Business continuity planning has become the cost of doing business in higher risk emerging markets like South Africa. “Globally, there is an acceptance that you need to provide resourcing for a black swan event within an organisation. Instead of lip service to fire and emergency evacuations and pandemic readiness, people are taking them seriously. There is greater willingness to look at proactive risk management to be able to come out ahead,” adds Griessel.

He says more work needs to be done on identifying and forecasting risks across the sector. “There is enough data for forecasting: by anticipating risks, the industry can look at innovative solutions for solving them. Solutions are only going to be achievable at scale. One or two portfolios aren’t going to be able to do it by themselves.”

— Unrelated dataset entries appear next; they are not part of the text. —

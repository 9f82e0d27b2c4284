//! A chunk of the tables in the rows of a view column.
ghost use Rattle.std.specs.Prelude.{◌≡◌, ◌+◌, ◌-◌, ◌^◌, ◌<◌, ◌≤◌, [], ◌∷◌, ◌++◌, length, take, drop, replicate, slice_get, slice_set, slice_index_or, Some, All, IfOk, OnOk, OnErr};
ghost use Rattle.std.specs.Bool.{OnFalse, OnTrue};
ghost use Rattle.segments.specs.Joined.{joined, counts_of};
ghost use Rattle.tables.specs.Pools.{Adds, HasAllHomes, IsPoolable, no_table};
ghost use Rattle.tables.specs.Rows.{inserted, removed};
ghost use Rattle.tables.specs.Shapes.{HasHomes};

use crate::item::Item;
use crate::pool::Pool;
use crate::{Nested, Shared, Table};
use mk_value::{Memory, Schema};
use std::alloc::{AllocError, Global};
use std::marker::Model;
use std::rc::Rc;

/// How many tables a chunk of a spine has at most. An edit of a shared list copies a count for each table of a chunk.
pub(crate) const CHUNK_MOST: usize = 1024;

/// How many tables a pool has at most. An edit of one of them makes a list of all, in which the others stay in the pool.
const POOL_MOST: usize = 128;

/// The tables of a chunk, one after another.
#[cycle(table)]
#[derive(Drop)]
pub(crate) struct TableList {
    items: Vec<Item>,
}

/// A chunk, which copies share. An edit by one of its holders leaves it as it is for the others.
#[cycle(table)]
#[derive(Drop)]
pub(crate) struct Chunk {
    kind: ChunkKind,
}

/// How the tables of a chunk are kept.
#[cycle(table)]
#[derive(Drop)]
enum ChunkKind {
    /// One by one.
    Listed(Rc<TableList>),
    /// Together, in the same columns.
    Pooled(Rc<Pool>),
}

impl Model for TableList {
    ghost use Rattle.std.specs.Prelude.{List};
    ghost use Rattle.tables.specs.Columns.{tables_code};
    ghost use Rattle.tables.specs.Sizes.{list_size};
    ghost use Rattle.tables.specs.Tables.{StoredTable};

    ghost Value = { List StoredTable };

    ghost coded = { tables_code };

    ghost view = { λ l. l.items.items };

    ghost size = { list_size };

    ghost use Rattle.tables.specs.Falls.{list_falls};

    ghost size_decreases = { λ l _. list_falls l };
}

impl Model for Chunk {
    ghost use Rattle.std.specs.Prelude.{List};
    ghost use Rattle.tables.specs.Columns.{tables_code};
    ghost use Rattle.tables.specs.Sizes.{chunk_size};
    ghost use Rattle.tables.specs.Tables.{StoredTable};

    ghost Value = { List StoredTable };

    ghost coded = { tables_code };

    ghost use Rattle.tables.specs.Lists.{chunk_tables};

    ghost view = { λ c. chunk_tables c.kind };

    ghost size = { chunk_size };

    ghost use Rattle.tables.specs.Falls.{chunk_falls};

    ghost size_decreases = { λ c _. chunk_falls c };
}

impl Clone for TableList {
    ghost is_clone = { λ a b. b ≡ a };

    fn clone(&self) -> Result<TableList, AllocError> {
        Ok(TableList {
            items: Vec::from_clones(*self.items.allocator(), &self.items)?,
        })
    }
}

impl Clone for Chunk {
    ghost is_clone = { λ a b. b ≡ a };

    /// One more holder of the chunk.
    fn clone(&self) -> Result<Chunk, AllocError> {
        match &self.kind {
            ChunkKind::Listed(list) => Ok(Chunk {
                kind: ChunkKind::Listed(list.clone()?),
            }),
            ChunkKind::Pooled(pool) => Ok(Chunk {
                kind: ChunkKind::Pooled(pool.clone()?),
            }),
        }
    }
}

impl TableList {
    /// No tables, which take no memory.
    pub(crate) fn new(alloc: Global) -> TableList
        ensures { result ≡ [] }
    {
        TableList {
            items: Vec::new(alloc),
        }
    }

    pub(crate) fn allocator(&self) -> Global {
        *self.items.allocator()
    }

    /// How many tables there are.
    pub(crate) fn len(&self) -> usize
        ensures len { result ≡ length self.now }
        ensures few { result < 2 ^ 63 }
    {
        self.items.len()
    }

    /// The table at a place.
    pub(crate) fn get(&self, at: usize) -> Nested<'_>
        requires { at < length self.now }
        ensures { slice_get self.now at ≡ Some result }
    {
        self.items[at].lend()
    }

    /// Adds a table behind the others. Where it has no rows, and the last one is the same, it is that one once more.
    pub(crate) fn push(&mut self, table: Shared) -> Result<(), Memory>
        ensures ok { OnOk result (self.new ≡ self.old ++ table ∷ []) }
        ensures err { OnErr result (self.new ≡ self.old) }
    {
        let table = self.or_last(table)?;
        self.push_item(Item::own(table))
    }

    /// Adds a table behind the others, as it stands.
    fn push_item(&mut self, item: Item) -> Result<(), Memory>
        ensures ok { OnOk result (self.new ≡ self.old ++ item ∷ []) }
        ensures err { OnErr result (self.new ≡ self.old) }
    {
        self.items.push(item)?;
        Ok(())
    }

    /// The last table once more in place of one that is the same and has no rows, and any other as it is.
    fn or_last(&self, table: Shared) -> Result<Shared, Memory>
        ensures { IfOk result (λ same. same ≡ table) }
    {
        match self.last() {
            Some(last) => last.or_same(table),
            None => Ok(table),
        }
    }

    /// The last table, if there is one.
    fn last(&self) -> Option<&Item> {
        self.items.last()
    }

    /// Whether there are as many tables as go into a chunk: fewer where a pool may have the first.
    pub(crate) fn is_sealed(&self) -> bool
        ensures some { OnTrue result (0 < length self.now) }
        ensures few { OnFalse result (length self.now < 1024) }
    {
        self.items.len() >= CHUNK_MOST || self.items.len() >= POOL_MOST && self.is_first_poolable()
    }

    /// Whether the first table is such that a pool may have it.
    pub(crate) fn is_first_poolable(&self) -> bool {
        match self.items.first() {
            Some(first) => first.is_poolable(),
            None => false,
        }
    }

    /// The schema of the last table.
    pub(crate) fn last_schema(&self) -> Option<&segments::Shared<Schema>> {
        match self.last() {
            Some(last) => Some(last.shared_schema()),
            None => None,
        }
    }

    /// Takes the last table away.
    pub(crate) fn pop(&mut self)
        ensures { self.new ≡ take (length self.old - 1) self.old }
    {
        let _last = self.items.pop();
    }

    /// Adds a table behind the others, so many times.
    pub(crate) fn push_copies(&mut self, table: &Shared, count: usize) -> Result<(), Memory>
        ensures ok { OnOk result (self.new ≡ self.old ++ replicate count table.now) }
    {
        push_copies(&mut self.items, table, count)
    }

    /// Adds tables of another list behind the others, so many from a place on.
    pub(crate) fn push_part(
        &mut self,
        list: &TableList,
        from: usize,
        count: usize,
    ) -> Result<(), Memory>
        requires { from + count ≤ length list.now }
        ensures ok { OnOk result (self.new ≡ self.old ++ take count (drop from list.now)) }
    {
        push_each(&mut self.items, &list.items[from..from + count])
    }

    /// Puts a table in place of the one at a place.
    pub(crate) fn set(&mut self, at: usize, table: Shared)
        requires { at < length self.old }
        ensures { self.new ≡ slice_set self.old at table }
    {
        self.items[at] = Item::own(table);
    }

    /// Puts one table, so many times, before the one at a place, or at the end.
    pub(crate) fn insert(&mut self, at: usize, table: &Shared, count: usize) -> Result<(), Memory>
        requires { at ≤ length self.old }
        ensures ok { OnOk result (self.new ≡ inserted at count table.now self.old) }
        ensures err { OnErr result (self.new ≡ self.old) }
    {
        let before = self.items.len();
        match push_copies(&mut self.items, table, count) {
            Ok(()) => {
                self.items[at..].rotate_right(count);
                Ok(())
            }
            Err(error) => {
                self.items.truncate(before);
                Err(error)
            }
        }
    }

    /// Removes so many tables from a place on.
    pub(crate) fn remove(&mut self, at: usize, count: usize)
        requires { at + count ≤ length self.old }
        ensures { self.new ≡ removed at count self.old }
    {
        self.items[at..].rotate_left(count);
        let left = self.items.len() - count;
        self.items.truncate(left);
    }
}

“We need to look at the impact of the pandemic on the likes of the South African Special Risk Insurance Association (Sasria) in terms of special risks and insurance costs. These are all costs that are already getting passed to the consumer. If we can’t put better solutions together to manage the risk, the costs will keep climbing and that will be detrimental to the economy.

Importantly, the pandemic has taught organisations that if they do not have some form of continuity planning and crisis management in place ahead of crises, it is almost impossible to put one together in the midst of one. This type of reactive response can triple or quadruple costs and render the business ineffective.